Requires a valid API token and membership in the organization. Any role works — `CLIENT_ORG_ADMIN`, `PAYROLL_ADMIN`, `FINANCE_ADMIN`, `INVESTOR`, or `RECIPIENT`.

### Admin (`AdminOperation`)

Requires `CLIENT_ORG_ADMIN` or another admin-level role (`PAYROLL_ADMIN` for some operations). The exact admin roles accepted vary by endpoint, but `CLIENT_ORG_ADMIN` always works.

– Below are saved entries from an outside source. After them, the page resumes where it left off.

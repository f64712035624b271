//! Statements, without the statements in them.

ghost use Rattle.std.specs.Prelude.{◌≡◌, ◌++◌, if◌then◌else◌, Bool, List, None, length};
ghost use Rattle.b67_deeds.specs.declared.EventAct.{EventAct};
ghost use Rattle.algol_tree.specs.Plain as tree;
ghost use Rattle.algol_tree.specs.Plain.{PStmt};
ghost use Rattle.algol_tree.specs.Image as image;
ghost use Rattle.algol_tree.specs.Image.{call, expr, exprs, variable};
ghost use Rattle.algol_tree.specs.Accepted.{noted_all};
ghost use Rattle.algol_tree.specs.Blocks.{Block};
ghost use Rattle.algol_tree.specs.Sites as sites;
ghost use Rattle.algol_tree.specs.Surroundings as rules;
ghost use Rattle.algol_tree.specs.Surroundings.{Surroundings};
ghost use Rattle.algol_told.specs.Telling.{ScopesTell, TellsAll};
ghost use Rattle.algol_sites.specs.Assigning.{can_take};
ghost use Rattle.algol_sites.specs.Noting.{broken_if, mistyped, noted_along, noted_at};
ghost use Rattle.algol_sites.specs.Seen.{class_seen};
ghost use Rattle.algol_sites.specs.Seeing.{Notes, NotesAt, TellsEach, TellsIn, TellsTask, for_site, stmt_parts};
ghost use Rattle.algol_sites.specs.Stating.{is_truth, noted_control, noted_element_side, noted_left, noted_name_side, noted_process, unfit_task};

use crate::expression::{
    actuals, called, count_actuals, count_subscripts, expression, expressions, subscripts,
};
use crate::line::check_line;
use crate::place::Place;
use crate::told::{sort_at, told_at};
use crate::types::{element_type, read_type, want, want_if, want_numbers};
use crate::wanted::{Wanted, note_if, want_event, want_name};
use algol_frames::Scopes;
use algol_rules::{Faults, exprs_in};
use algol_sorts::Sort;
use algol_tree::{Call, Code, EventName, Expr, Kind, Named, Pair, PhraseText, Spot, Variable};

/// The type where the answer is yes, else none.
fn kind_if(answer: bool, kind: Option<Kind>) -> Option<Kind>
    ensures { result ≡ (if answer then kind else None) }
{
    if answer { kind } else { None }
}

/// A name without subscripts on the left, and the type of its value.
fn name_side(scopes: &Scopes, place: &Place, name: &Named, value: &Expr, faults: &mut Faults)
    ensures { (a : Surroundings) → ScopesTell scopes.now a name.now → TellsIn scopes.now a (expr value.now) → faults.new.first ≡ noted_name_side faults.old.first (can_take place.now.block place.now.around.items (rules.class_of a name.now)) name.now (expr value.now) a }
{
    let (sort, declared) = told_at(scopes, name);
    let is_taken = place.is_assignable(sort, declared);
    want_if(scopes, kind_if(is_taken, read_type(sort)), value, faults);
    note_if(!is_taken, name.spot, Code::NotAssignable, faults);
}

/// An element on the left, and the type of its value, without what is in its subscripts.
fn element_side(scopes: &Scopes, name: &Named, subs: &[Expr], value: &Expr, faults: &mut Faults)
    ensures { (a : Surroundings) → ScopesTell scopes.now a name.now → TellsEach scopes.now a (exprs subs.now) → TellsIn scopes.now a (expr value.now) → faults.new.first ≡ noted_element_side faults.old.first name.now (exprs subs.now) (length subs.now) (expr value.now) a }
{
    want_name(scopes, name, Wanted::Array, Code::WrongType, faults);
    want_numbers(scopes, subs, faults);
    want_if(scopes, element_type(sort_at(scopes, name)), value, faults);
    count_subscripts(scopes, name, subs.len(), faults);
}

/// A left side, and the type of its value, without what is in its subscripts.
fn left_side(scopes: &Scopes, place: &Place, v: &Variable, value: &Expr, faults: &mut Faults)
    ensures { (a : Surroundings) → ScopesTell scopes.now a v.now.name → TellsEach scopes.now a (exprs v.now.subs) → TellsIn scopes.now a (expr value.now) → faults.new.first ≡ noted_left faults.old.first (can_take place.now.block place.now.around.items) (variable v.now) (length v.now.subs) (expr value.now) a }
{
    let subs = exprs_in(&v.subs);
    match subs.split_first() {
        None => name_side(scopes, place, &v.name, value, faults),
        Some(_) => element_side(scopes, &v.name, subs, value, faults),
    }
}

/// An assignment.
pub fn assign(scopes: &Scopes, place: &Place, v: &Variable, value: &Expr, faults: &mut Faults)
    ensures { (listed : Bool) → NotesAt scopes.now place.now faults.old.first faults.new.first (stmt_parts (tree.assign (variable v.now) (expr value.now)) listed) }
{
    left_side(scopes, place, v, value, faults);
    subscripts(scopes, v, faults);
    expression(scopes, value, faults);
}

/// A call that is a statement.
pub fn call(scopes: &Scopes, c: &Call, faults: &mut Faults)
    ensures { (listed : Bool) → Notes scopes.now faults.old.first faults.new.first (stmt_parts (tree.call_of (call c.now)) listed) }
{
    called(scopes, c, Wanted::Procedure, faults);
    actuals(scopes, c, faults);
}

/// GO TO.
pub fn go_to(scopes: &Scopes, name: &Named, faults: &mut Faults)
    ensures { (listed : Bool) → Notes scopes.now faults.old.first faults.new.first (stmt_parts (tree.go_to name.now) listed) }
{
    want_name(scopes, name, Wanted::Label, Code::WrongType, faults);
}

/// A statement on an event.
pub fn event(scopes: &Scopes, e: &EventName, faults: &mut Faults)
    ensures { (act : EventAct) (listed : Bool) → Notes scopes.now faults.old.first faults.new.first (stmt_parts (tree.event act e.now) listed) }
{
    want_event(scopes, e, faults);
}

/// The task of a process, where it has one.
fn want_task(scopes: &Scopes, task: &Option<Named>, faults: &mut Faults)
    ensures { (a : Surroundings) → TellsTask scopes.now a task.now → faults.new.first ≡ noted_all faults.old.first (unfit_task task.now a) }
{
    match task {
        None => {}
        Some(task) => want_name(scopes, task, Wanted::Task, Code::WrongType, faults),
    }
}

/// A process that is started, without what is in its actuals.
fn started(scopes: &Scopes, c: &Call, task: &Option<Named>, faults: &mut Faults)
    ensures { (a : Surroundings) → ScopesTell scopes.now a c.now.name → TellsTask scopes.now a task.now → faults.new.first ≡ noted_process faults.old.first c.now.name task.now (length c.now.actuals) a }
{
    want_name(scopes, &c.name, Wanted::Untyped, Code::WrongType, faults);
    want_task(scopes, task, faults);
    count_actuals(scopes, &c.name, exprs_in(&c.actuals).len(), faults);
}

/// PROCESS.
pub fn process(scopes: &Scopes, c: &Call, task: &Option<Named>, faults: &mut Faults)
    ensures { (listed : Bool) → Notes scopes.now faults.old.first faults.new.first (stmt_parts (tree.process (call c.now) task.now) listed) }
{
    started(scopes, c, task, faults);
    actuals(scopes, c, faults);
}

/// WRITE.
pub fn write(
    scopes: &Scopes,
    file: &Named,
    spot: Spot,
    phrases: &[PhraseText],
    items: &[Expr],
    faults: &mut Faults,
)
    ensures { (listed : Bool) → Notes scopes.now faults.old.first faults.new.first (stmt_parts (tree.write file.now spot phrases.now (exprs items.now)) listed) }
{
    want_name(scopes, file, Wanted::File, Code::WrongType, faults);
    want_numbers(scopes, items, faults);
    check_line(spot, phrases, items.len(), faults);
    expressions(scopes, items, faults);
}

/// An expression of which this type is wanted.
pub fn typed(scopes: &Scopes, kind: Kind, e: &Expr, faults: &mut Faults)
    ensures { (blocks : List Block) (a : Surroundings) → TellsAll scopes.now (sites.sites (expr e.now) a) → faults.new.first ≡ noted_along blocks (noted_all faults.old.first (mistyped kind (expr e.now) a)) (sites.sites (expr e.now) a) }
{
    want(scopes, kind, e, faults);
    expression(scopes, e, faults);
}

/// Whether the name is a simple variable of type BOOLEAN.
fn is_truth(sort: Sort) -> bool
    ensures { result ≡ is_truth (class_seen sort) }
{
    matches!(
        sort,
        Sort::Variable(Kind::Truth) | Sort::ByName(Kind::Truth)
    )
}

/// The control variable of FOR, its first value, the step and the limit, without what is in them.
fn control(scopes: &Scopes, v: &Named, x: &Expr, step: &Expr, last: &Expr, faults: &mut Faults)
    ensures { (a : Surroundings) → ScopesTell scopes.now a v.now → TellsIn scopes.now a (expr x.now) → TellsIn scopes.now a (expr step.now) → TellsIn scopes.now a (expr last.now) → faults.new.first ≡ noted_control faults.old.first v.now (expr x.now) (expr step.now) (expr last.now) a }
{
    note_if(
        is_truth(sort_at(scopes, v)),
        v.spot,
        Code::WrongType,
        faults,
    );
    want(scopes, Kind::Number, x, faults);
    want(scopes, Kind::Number, step, faults);
    want(scopes, Kind::Number, last, faults);
    want_name(scopes, v, Wanted::Simple, Code::NotAssignable, faults);
}

/// FOR, without its statement.
pub fn counting(scopes: &Scopes, v: &Named, x: &Expr, step: &Expr, last: &Expr, faults: &mut Faults)
    ensures { (blocks : List Block) (a : Surroundings) (s : PStmt) (listed : Bool) → ScopesTell scopes.now a v.now → TellsAll scopes.now (sites.sites (expr x.now) a ++ sites.sites (expr step.now) a ++ sites.sites (expr last.now) a) → faults.new.first ≡ noted_along blocks (noted_at blocks faults.old.first (for_site v.now (expr x.now) (expr step.now) (expr last.now) s listed a)) (sites.sites (expr x.now) a ++ sites.sites (expr step.now) a ++ sites.sites (expr last.now) a) }
{
    control(scopes, v, x, step, last, faults);
    expression(scopes, x, faults);
    expression(scopes, step, faults);
    expression(scopes, last, faults);
}

/// The upper bounds of an array.
pub fn bounds(scopes: &Scopes, pairs: &[Pair], faults: &mut Faults)
    ensures { (blocks : List Block) (a : Surroundings) → TellsAll scopes.now (sites.sites_in_pairs (image.pairs pairs.now) a) → faults.new.first ≡ noted_along blocks faults.old.first (sites.sites_in_pairs (image.pairs pairs.now) a) }
{
    'pairs: for pair in pairs {
        typed(scopes, Kind::Number, &pair.high, faults);
    }
}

### CLIENT\_ORG\_ADMIN Only (`TokuClientAdminOperation`)

Strictly requires the `CLIENT_ORG_ADMIN` role. No other admin role is accepted.

***

## Error When Permission Denied

```json theme={null}
{
  "error": "Invalid token or insufficient permissions",
  "details": "User does not have role CLIENT_ORG_ADMIN in organization aa0e8400-..."
}
```

**Status code:** `403 Forbidden` (role mismatch) or `401 Unauthorized` (invalid token)

***

## Recommendation

For a complete 3rd party integration that manages grants, wallets, and employees, create your API token with **`CLIENT_ORG_ADMIN`**. This is the only role guaranteed to work with all 68 public endpoints.